この文言の変更に隠された意図・目的が、渡邊恒雄氏側から何らかの経路を経て最高裁に伝えられたのではないかとの疑念を抱いています。といいますのも、渡邊恒雄氏が読売新聞1000万部の力(注:実際は張り子の虎にすぎないことは、これまで散々述べてきたとおりです。)をバックにして、政界中枢に大きな影響を与えてきたことは本人自身も認めています。
最高裁判所裁判官の指名権を有する内閣と渡邊恒雄氏の関係、読売新聞の代理人弁護士とTMI総合法律事務所の関係、TMI総合法律事務所と最高裁判事の関係など、疑えばきりがありません。
4・10増減の問題について、判決は被告主張のとおり、原告が折込み広告収入を得るために行ったもので、被告には責任はないとの判断を示しました。私どもは、押し紙は新聞社の広告主に対する詐欺であると批判してきましたが、今回の判決はすべての責任を販売店に押し付け被告の責任を不問にしました。
刑事問題と民事問題は違うからという言い訳をするのでしょが、それは法律関係者だけに通用する詭弁であって一般社会では通用しません。
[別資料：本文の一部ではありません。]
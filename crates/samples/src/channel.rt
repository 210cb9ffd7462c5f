// The numbers of a channel, of either type, copied by a plan.
// The parameters go one by one, as the public calls have them (docs/CALLS.md): a struct of them would be made in each.
ghost use Rattle.std.specs.Prelude.{◌≡◌, true, length};
ghost use Rattle.num.specs.Answer.{gives};
ghost use Rattle.samples.specs.Inner.Plan.{lies, Sound, planned_count, planned_left};
ghost use Rattle.samples.specs.Copy.{copied_said, layout_at, count_within, count_of, samples_at, filled};
ghost use Rattle.samples.specs.Given.{layout_given, count_given, samples_given};

use crate::{Layout, Plan, Uncopied, given};
use copy::{Pairs, Sample};
use num::Order;
use reader::{Cursor, Stepped};

// The layout lies inside src. Where src stands in the stream, `at`, has a say in the speed alone.
fn fill_from<T: Sample>(
    order: Order,
    at: usize,
    src: &[u8],
    l: Layout,
    out: &mut [T],
) -> Result<usize, Uncopied>
    requires { lies T.size (length src.now) l ≡ true }
    ensures said { copied_said result ≡ count_within (length out.old) l }
    ensures left { out.new
        ≡ filled (count_within (length out.old) l) (gives l) (T.number_at order src.now)
        out.old }
{
    let count = l.count;
    if l.pairs {
        let pairs = Pairs {
            iq: l.iq,
            first: l.first,
            step: l.step,
            count,
        };
        if T::pairs(order, pairs, at, src, out) {
            return Ok(2 * count);
        }
        return Err(Uncopied::TooShort);
    }
    if T::reals(order, at, src, count, out) {
        return Ok(count);
    }
    Err(Uncopied::TooShort)
}

// What a plan comes to: the numbers copied, or its refusal.
fn fill<T: Sample>(
    order: Order,
    s: &[u8],
    planned: Result<Plan, Uncopied>,
    out: &mut [T],
) -> Result<usize, Uncopied>
    requires { Sound T.size s.now planned }
    ensures said { copied_said result ≡ planned_count (length out.old) planned }
    ensures left { out.new ≡ planned_left (T.number_at order) s.now planned out.old }
{
    let plan = planned?;
    let from = plan.from;
    let to = plan.to;
    fill_from(order, from, &s[from..to], plan.layout, out)
}

// Copies the numbers of one channel out of the ready data chunk at the cursor.
pub(crate) fn at<T: Sample>(
    order: Order,
    s: &[u8],
    cursor: Cursor,
    channel: usize,
    out: &mut [T],
) -> Result<usize, Uncopied>
    ensures said { copied_said result ≡ count_of T.FLOAT order s.now cursor channel (length out.old) }
    ensures left { out.new
        ≡ filled (count_of T.FLOAT order s.now cursor channel (length out.old))
        (layout_at T.FLOAT order s.now cursor channel)
        (T.number_at order (samples_at order s.now cursor)) out.old }
{
    let planned = crate::plan_at(order, s, cursor, channel, T::FLOAT);
    fill(order, s, planned, out)
}

// The same out of the chunk that a step gave.
pub(crate) fn of<T: Sample>(
    order: Order,
    s: &[u8],
    stepped: Stepped,
    channel: usize,
    out: &mut [T],
) -> Result<usize, Uncopied>
    ensures said { copied_said result
        ≡ count_given T.FLOAT order s.now stepped channel (length out.old) }
    ensures left { out.new
        ≡ filled (count_given T.FLOAT order s.now stepped channel (length out.old))
        (layout_given T.FLOAT order s.now stepped channel)
        (T.number_at order (samples_given s.now stepped)) out.old }
{
    let planned = given::plan_of(order, s, stepped, channel, T::FLOAT);
    fill(order, s, planned, out)
}
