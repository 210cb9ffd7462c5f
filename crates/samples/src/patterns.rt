// The 32-bit patterns of a channel. Those of shorts.rt have the same calls: docs/CALLS.md lists each by its name, and
// the code of both is that of channel.rt.
ghost use Rattle.std.specs.Prelude.{◌≡◌, true, length};
ghost use Rattle.copy.specs.Samples.{pattern_at};
ghost use Rattle.samples.specs.Copy.{copied_said, layout_at, count_of, samples_at, filled};
ghost use Rattle.samples.specs.Given.{layout_given, count_given, samples_given};

use crate::{Uncopied, channel};
use num::Order;
use reader::{Cursor, Stepped};

// Copies the 32-bit patterns of one channel out of the ready data chunk at the cursor, I before Q, to the front of the
// slice, and answers how many they are. Refused, in this order, with 2, 3, 35, 34 and 33 (see `Uncopied`); then nothing
// is written. What lies behind the numbers stays as it was.
pub fn patterns_at(
    order: Order,
    s: &[u8],
    cursor: Cursor,
    channel: usize,
    out: &mut [u32],
) -> Result<usize, Uncopied>
    ensures said { copied_said result ≡ count_of true order s.now cursor channel (length out.old) }
    ensures left { out.new
        ≡ filled (count_of true order s.now cursor channel (length out.old))
        (layout_at true order s.now cursor channel)
        (pattern_at order (samples_at order s.now cursor)) out.old }
{
    channel::at(order, s, cursor, channel, out)
}

// The same out of the chunk that a step gave; the cursor that the step left has no say. Refused with 35 where that is
// no chunk said to be ready, where the stream has no complete chunk of its type and size at its place, where that chunk
// and the state shown do not make it ready with the same time and count of samples, or where it is not of this width;
// then with 34 and 33. It is never refused with 2 or 3.
pub fn patterns_of(
    order: Order,
    s: &[u8],
    stepped: Stepped,
    channel: usize,
    out: &mut [u32],
) -> Result<usize, Uncopied>
    ensures said { copied_said result
        ≡ count_given true order s.now stepped channel (length out.old) }
    ensures left { out.new
        ≡ filled (count_given true order s.now stepped channel (length out.old))
        (layout_given true order s.now stepped channel)
        (pattern_at order (samples_given s.now stepped)) out.old }
{
    channel::of(order, s, stepped, channel, out)
}
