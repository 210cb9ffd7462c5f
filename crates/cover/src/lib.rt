// Whether the samples of a group chunk cover its pairs, each pair once.
#![tactic(auto)]

ghost use Rattle.std.specs.Prelude.{◌≡◌, ◌*◌, ◌%◌, ◌^◌, ◌≤◌, ◌<◌, ◌==◌, true, eqb, length, get_or, count_by};
ghost use Rattle.num.specs.Choice.{pick, each};
ghost use Rattle.cover.specs.Cover.{packs, covers, group_covers};

// How many of the offsets are this value.
fn times(offsets: &[u32], value: usize) -> usize
    ensures { result ≡ count_by (λ o. o == value) offsets.now }
{
    offsets.iter().filter(|o| **o as usize == value).count()
}

// How far apart the channels start: a whole block of samples with increment 1, else one pair.
fn unit_of(increment: usize, each: usize) -> usize
    requires { 0 < each }
    ensures { (result ≡ pick (eqb increment 1) each 1) × (0 < result) × (result ≤ each) }
{
    if increment == 1 { each } else { 1 }
}

// 1 to 16 channels, in blocks or in turn.
fn allowed(n: usize, increment: usize) -> bool
    ensures { result ≡ packs n increment }
{
    (1 <= n) & (n <= 16) & ((increment == 1) | (increment == n))
}

// Whether the offsets are the units in their order: then there is nothing to count.
fn in_order(offsets: &[u32], unit: usize) -> bool
    requires { length offsets.now * unit < 2 ^ 64 }
    ensures { result ≡ each (λ c. eqb (get_or offsets.now c 0) (c * unit)) (length offsets.now) }
{
    offsets
        .iter()
        .enumerate()
        .all(|(c, offset)| *offset as usize == c * unit)
}

// The test where there are pairs and the channels share them evenly: the n offsets are the units 0 to n - 1, in some
// order.
fn fills(pairs: usize, increment: usize, offsets: &[u32]) -> bool
    requires { (packs (length offsets.now) increment ≡ true) × (pairs % length offsets.now ≡ 0) × (0 < pairs) }
    ensures { result ≡ covers (length offsets.now) increment (λ c. get_or offsets.now c 0) pairs }
{
    let n = offsets.len();
    let unit = unit_of(increment, pairs / n);
    in_order(offsets, unit)
        || offsets.iter().enumerate().all(|(k, offset)| {
            let offset = *offset as usize;
            offset % unit == 0 && offset / unit < n && times(offsets, k * unit) == 1
        })
}

// Whether a group's packing is allowed (1 to 16 channels, increment 1 or n) and covers its pairs: as many samples for
// each channel, each pair that of exactly one of them. No pairs are covered by any packing that is allowed.
// Places and n are two parameters, as docs/CALLS.md has this call; `fills` gets the slice of the first n.
#[tactic(auto, using(crate::proofs::Laws::group_cases))]
pub fn covers(pairs: usize, n: usize, increment: usize, offsets: [u32; 16]) -> bool
    ensures { result ≡ group_covers pairs n increment offsets }
{
    if !allowed(n, increment) || pairs % n != 0 {
        return false;
    }
    pairs == 0 || fills(pairs, increment, &offsets[..n])
}
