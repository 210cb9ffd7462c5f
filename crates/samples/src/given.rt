// The plan for the chunk that a step gave.
ghost use Rattle.std.specs.Prelude.{◌≡◌, drop};
ghost use Rattle.frame.specs.Ahead.{ahead_of};
ghost use Rattle.samples.specs.Given.{is_that, layout_given, samples_given};
ghost use Rattle.samples.specs.Inner.Plan.{number_bytes, Tells, Sound};

use crate::{Plan, Uncopied};
use effect::Verdict;
use frame::Ahead;
use num::Order;
use reader::{Item, Stepped};

// Whether a complete chunk of this type and size stands at a place.
fn stands(order: Order, s: &[u8], place: usize, code: u32, size: usize) -> bool
    ensures { result ≡ is_that code size (ahead_of order (drop place s.now)) }
{
    matches!(frame::ahead_of(order, s, place), Ahead::Chunk { code: k, size: n } if (k == code) & (n == size))
}

// The stream has to have the chunk where it was given, and with the state shown it has to be ready as it was said to
// be. The width is a flag here as in lib.rt (`has_width`).
pub(crate) fn plan_of(
    order: Order,
    s: &[u8],
    stepped: Stepped,
    channel: usize,
    float: bool,
) -> Result<Plan, Uncopied>
    ensures { Tells s.now (layout_given float order s.now stepped channel)
        (samples_given s.now stepped) result
        × Sound (number_bytes float) s.now result }
{
    let Item::Chunk {
        place,
        code,
        size,
        verdict,
    } = stepped.item
    else {
        return Err(Uncopied::NotReady);
    };
    let Verdict::Ready(d) = verdict else {
        return Err(Uncopied::NotReady);
    };
    if !stands(order, s, place, code, size) {
        return Err(Uncopied::NotReady);
    }
    let shown = stepped.shown;
    let kind = body::kind_of(code);
    let Some(found) = crate::data_at(order, s, place, kind, size, shown) else {
        return Err(Uncopied::NotReady);
    };
    if found != d {
        return Err(Uncopied::NotReady);
    }
    crate::plan_in(float, kind, channel, shown, d, place, size)
}
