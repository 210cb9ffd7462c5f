// Samples: the numbers of one channel, copied out of a ready data chunk: the one at a cursor, or the one that a step
// gave. Here stands where they lie.
#![tactic(auto)]

mod channel;
mod given;
pub mod patterns;
pub mod shorts;

ghost use Rattle.std.specs.Prelude.{◌≡◌, ◌+◌, ◌^◌, ◌≤◌, ◌<◌, length, take, drop, get_or};
ghost use Rattle.samples.specs.Layout.{has_width, alone, paired, real, one_of, arranged, layout};
ghost use Rattle.frame.specs.Place.{header_size};
ghost use Rattle.body.specs.Table.{shaped};
ghost use Rattle.effect.specs.Effect.{effect};
ghost use Rattle.effect.specs.Ready.{ready_data, asked_said};
ghost use Rattle.samples.specs.Inner.Plan.{layout_said, number_bytes, Plans, Tells, Sound};
ghost use Rattle.samples.specs.Copy.{uncopied_number, layout_at, samples_at};

use body::{Data, Kind, Shape};
use frame::Ahead;
use num::{Numbered, Order};
pub use patterns::{patterns_at, patterns_of};
use reader::Cursor;
pub use shorts::{shorts_at, shorts_of};
use state::State;

// Where a channel's numbers lie among those of a chunk: pairs, by the first of them, the step from one to the next and
// how many; or reals, from the first on. A flag and no enum: definitions of specs/Layout.antt (`numbers`, `values_of`)
// and the theorem `pairs-laid` of crates/roundtrip read it.
#[derive(Clone, Copy)]
pub struct Layout {
    pub pairs: bool,
    pub iq: bool,
    pub first: usize,
    pub step: usize,
    pub count: usize,
}

// What is to be copied: where the channel's numbers lie in a part of the stream, and the places between which that part
// lies. Places and no slice: of a struct with a reference each clause would say `x.now.part.now`.
#[derive(Clone, Copy)]
struct Plan {
    layout: Layout,
    from: usize,
    to: usize,
}

// Why no numbers were copied.
#[derive(Clone, Copy, PartialEq, Eq)]
pub enum Uncopied {
    // The cursor's place is past the end.
    PastEnd = 2,
    // The cursor is in step with a state that is not good.
    BadState = 3,
    // What stands at the cursor, or what a step gave, is not data that is ready and of this call's width.
    NotReady = 35,
    // The chunk has no such channel.
    NoChannel = 34,
    // The slice has no room for the channel's numbers.
    TooShort = 33,
}

impl Numbered for Uncopied {
    ghost number_of = { uncopied_number };

    // The number of the refusal: 2, 3, 35, 34 or 33.
    fn number(self) -> u32 {
        self as u32
    }
}

// The width is a flag, as in specs/Layout.antt, and no type: no number is read here, so one code serves both types.
fn has_width(float: bool, shape: Shape) -> bool
    ensures { result ≡ has_width float shape }
{
    match shape {
        Shape::ShortPairs | Shape::ShortReals | Shape::ShortGroup => !float,
        Shape::FloatPairs | Shape::FloatReals | Shape::FloatGroup => float,
    }
}

fn alone(channel: usize, layout: Layout) -> Result<Layout, Uncopied>
    ensures { layout_said result ≡ alone channel layout }
{
    if channel == 0 {
        Ok(layout)
    } else {
        Err(Uncopied::NoChannel)
    }
}

fn paired(shown: State, d: Data) -> Layout
    ensures { result ≡ paired shown d }
{
    let packing = shown.values.packing;
    Layout {
        pairs: true,
        iq: packing.value == 1,
        first: 0,
        step: 1,
        count: d.samples,
    }
}

fn real(d: Data) -> Layout
    ensures { result ≡ real d }
{
    Layout {
        pairs: false,
        iq: false,
        first: 0,
        step: 1,
        count: d.samples,
    }
}

// Channel, state and data go on as they came to the plan: a struct of them would be made and taken apart in each call.
fn one_of(channel: usize, shown: State, d: Data) -> Result<Layout, Uncopied>
    ensures { layout_said result ≡ one_of channel shown d }
{
    let group = shown.values.group;
    let n = group.n;
    if channel >= n {
        return Err(Uncopied::NoChannel);
    }
    let offsets = group.offsets;
    Ok(Layout {
        pairs: true,
        iq: group.iq,
        first: offsets.get(channel).copied().unwrap_or(0) as usize,
        step: group.increment as usize,
        count: d.samples / n,
    })
}

fn arranged(shape: Shape, channel: usize, shown: State, d: Data) -> Result<Layout, Uncopied>
    ensures { layout_said result ≡ arranged shape channel shown d }
{
    match shape {
        Shape::ShortPairs | Shape::FloatPairs => alone(channel, paired(shown, d)),
        Shape::ShortReals | Shape::FloatReals => alone(channel, real(d)),
        Shape::ShortGroup | Shape::FloatGroup => one_of(channel, shown, d),
    }
}

// Where a channel of a ready chunk lies, if the chunk is of the width.
fn layout_in(
    float: bool,
    shaped: Option<Shape>,
    channel: usize,
    shown: State,
    d: Data,
) -> Result<Layout, Uncopied>
    ensures { layout_said result ≡ layout float shaped channel shown d }
{
    let shape = shaped.ok_or(Uncopied::NotReady)?;
    if !has_width(float, shape) {
        return Err(Uncopied::NotReady);
    }
    arranged(shape, channel, shown, d)
}

// The data of the complete chunk of a kind and a size at a place, where it is ready with this state. Place and size are
// what the plan is made of, so the body is cut here.
fn data_at(order: Order, s: &[u8], at: usize, kind: Kind, size: usize, state: State) -> Option<Data>
    requires { at + header_size + size ≤ length s.now }
    ensures { asked_said result
        ≡ ready_data (effect order kind (take size (drop header_size (drop at s.now))) state).says }
{
    let from = at + frame::HEADER;
    let to = from + size;
    effect::ready_data(order, kind, &s[from..to], state)
}

// The plan for that chunk, with the data that it has.
fn plan_in(
    float: bool,
    kind: Kind,
    channel: usize,
    state: State,
    d: Data,
    at: usize,
    size: usize,
) -> Result<Plan, Uncopied>
    requires { (8 ≤ size) × (at + header_size + size < 2 ^ 64) }
    ensures { Plans (layout float (shaped kind) channel state d) at size result }
{
    let layout = layout_in(float, body::shape_of(kind), channel, state, d)?;
    Ok(Plan {
        layout,
        from: at + frame::FRONT,
        to: at + frame::HEADER + size,
    })
}

// The plan for the chunk at a cursor. No step is made: it would move a state that nobody asks for.
fn plan_at(
    order: Order,
    s: &[u8],
    cursor: Cursor,
    channel: usize,
    float: bool,
) -> Result<Plan, Uncopied>
    ensures { Tells s.now (layout_at float order s.now cursor channel)
        (samples_at order s.now cursor) result
        × Sound (number_bytes float) s.now result }
{
    let at = cursor.place;
    if s.len() < at {
        return Err(Uncopied::PastEnd);
    }
    if cursor.in_step & !cursor.state.values.is_good() {
        return Err(Uncopied::BadState);
    }
    // Nothing is ready for a reader that is searching: it has no sample rate.
    if !cursor.in_step {
        return Err(Uncopied::NotReady);
    }
    let Ahead::Chunk { code, size } = frame::ahead_of(order, s, at) else {
        return Err(Uncopied::NotReady);
    };
    let state = cursor.state;
    let kind = body::kind_of(code);
    match data_at(order, s, at, kind, size, state) {
        Some(d) => plan_in(float, kind, channel, state, d, at, size),
        None => Err(Uncopied::NotReady),
    }
}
◆東京地裁・最高裁判所に勤務したことのある元エリート裁判官の瀬木比呂志氏は、裁判所内部や裁判官のかかえる問題について多数の本を出版されており、外部から伺いしれない貴重な情報を社会に紹介して頂いています。2017年に新潮社から発行された『裁判所の正体-法服を着た役人たち-』の帯には、「忖度と統制で判決は下る!」・「裁判所には『正義』も『良心』もなかった!」との文字が踊っています。今回の敗訴判決を一読して、まったく瀬木裁判官のおっしゃる通りだと思いました。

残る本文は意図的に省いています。